Task to complete
Copy down the listing below exactly, please, including every line.

Extracted records
_ _ _
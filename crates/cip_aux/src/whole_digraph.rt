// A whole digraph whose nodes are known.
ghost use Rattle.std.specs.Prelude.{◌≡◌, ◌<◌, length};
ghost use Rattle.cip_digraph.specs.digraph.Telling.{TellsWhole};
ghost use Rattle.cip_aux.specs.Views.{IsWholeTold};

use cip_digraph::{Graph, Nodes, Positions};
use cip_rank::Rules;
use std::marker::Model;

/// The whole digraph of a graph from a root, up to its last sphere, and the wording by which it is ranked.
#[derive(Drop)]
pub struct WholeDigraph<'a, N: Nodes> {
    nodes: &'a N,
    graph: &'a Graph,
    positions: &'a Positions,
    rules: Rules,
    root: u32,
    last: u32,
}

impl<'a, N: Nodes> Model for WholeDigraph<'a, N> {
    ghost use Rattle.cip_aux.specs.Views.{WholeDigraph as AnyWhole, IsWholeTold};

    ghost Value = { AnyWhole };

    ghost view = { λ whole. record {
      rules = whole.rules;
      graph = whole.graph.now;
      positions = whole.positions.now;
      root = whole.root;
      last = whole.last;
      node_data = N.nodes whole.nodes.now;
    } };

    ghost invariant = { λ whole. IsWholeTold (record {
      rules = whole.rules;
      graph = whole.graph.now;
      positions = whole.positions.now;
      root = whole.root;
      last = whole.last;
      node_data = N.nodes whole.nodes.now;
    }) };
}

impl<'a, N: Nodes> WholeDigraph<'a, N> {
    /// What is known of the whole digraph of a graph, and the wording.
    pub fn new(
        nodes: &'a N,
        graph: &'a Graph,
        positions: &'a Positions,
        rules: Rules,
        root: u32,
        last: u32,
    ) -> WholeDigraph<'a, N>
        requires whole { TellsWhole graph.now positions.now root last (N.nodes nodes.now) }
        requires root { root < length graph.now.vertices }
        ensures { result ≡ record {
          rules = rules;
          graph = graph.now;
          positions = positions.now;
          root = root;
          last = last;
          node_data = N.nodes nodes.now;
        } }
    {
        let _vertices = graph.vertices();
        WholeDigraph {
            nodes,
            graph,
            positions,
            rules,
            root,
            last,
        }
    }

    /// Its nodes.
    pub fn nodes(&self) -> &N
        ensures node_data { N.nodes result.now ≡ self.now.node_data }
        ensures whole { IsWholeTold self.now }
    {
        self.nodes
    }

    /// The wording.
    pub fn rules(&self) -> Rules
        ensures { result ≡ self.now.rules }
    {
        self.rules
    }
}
_ _ _
Solution to this problem
filename crates/cip_aux/src/whole_digraph.rt
// A whole digraph whose nodes are known.
ghost use Rattle.std.specs.Prelude.{◌≡◌, ◌<◌, length};
ghost use Rattle.cip_digraph.specs.digraph.Telling.{TellsWhole};
ghost use Rattle.cip_aux.specs.Views.{IsWholeTold};

use cip_digraph::{Graph, Nodes, Positions};
use cip_rank::Rules;
use std::marker::Model;

/// The whole digraph of a graph from a root, up to its last sphere, and the wording by which it is ranked.
#[derive(Drop)]
pub struct WholeDigraph<'a, N: Nodes> {
    nodes: &'a N,
    graph: &'a Graph,
    positions: &'a Positions,
    rules: Rules,
    root: u32,
    last: u32,
}

impl<'a, N: Nodes> Model for WholeDigraph<'a, N> {
    ghost use Rattle.cip_aux.specs.Views.{WholeDigraph as AnyWhole, IsWholeTold};

    ghost Value = { AnyWhole };

    ghost view = { λ whole. record {
      rules = whole.rules;
      graph = whole.graph.now;
      positions = whole.positions.now;
      root = whole.root;
      last = whole.last;
      node_data = N.nodes whole.nodes.now;
    } };

    ghost invariant = { λ whole. IsWholeTold (record {
      rules = whole.rules;
      graph = whole.graph.now;
      positions = whole.positions.now;
      root = whole.root;
      last = whole.last;
      node_data = N.nodes whole.nodes.now;
    }) };
}

impl<'a, N: Nodes> WholeDigraph<'a, N> {
    /// What is known of the whole digraph of a graph, and the wording.
    pub fn new(
        nodes: &'a N,
        graph: &'a Graph,
        positions: &'a Positions,
        rules: Rules,
        root: u32,
        last: u32,
    ) -> WholeDigraph<'a, N>
        requires whole { TellsWhole graph.now positions.now root last (N.nodes nodes.now) }
        requires root { root < length graph.now.vertices }
        ensures { result ≡ record {
          rules = rules;
          graph = graph.now;
          positions = positions.now;
          root = root;
          last = last;
          node_data = N.nodes nodes.now;
        } }
    {
        let _vertices = graph.vertices();
        WholeDigraph {
            nodes,
            graph,
            positions,
            rules,
            root,
            last,
        }
    }

    /// Its nodes.
    pub fn nodes(&self) -> &N
        ensures node_data { N.nodes result.now ≡ self.now.node_data }
        ensures whole { IsWholeTold self.now }
    {
        self.nodes
    }

    /// The wording.
    pub fn rules(&self) -> Rules
        ensures { result ≡ self.now.rules }
    {
        self.rules
    }
}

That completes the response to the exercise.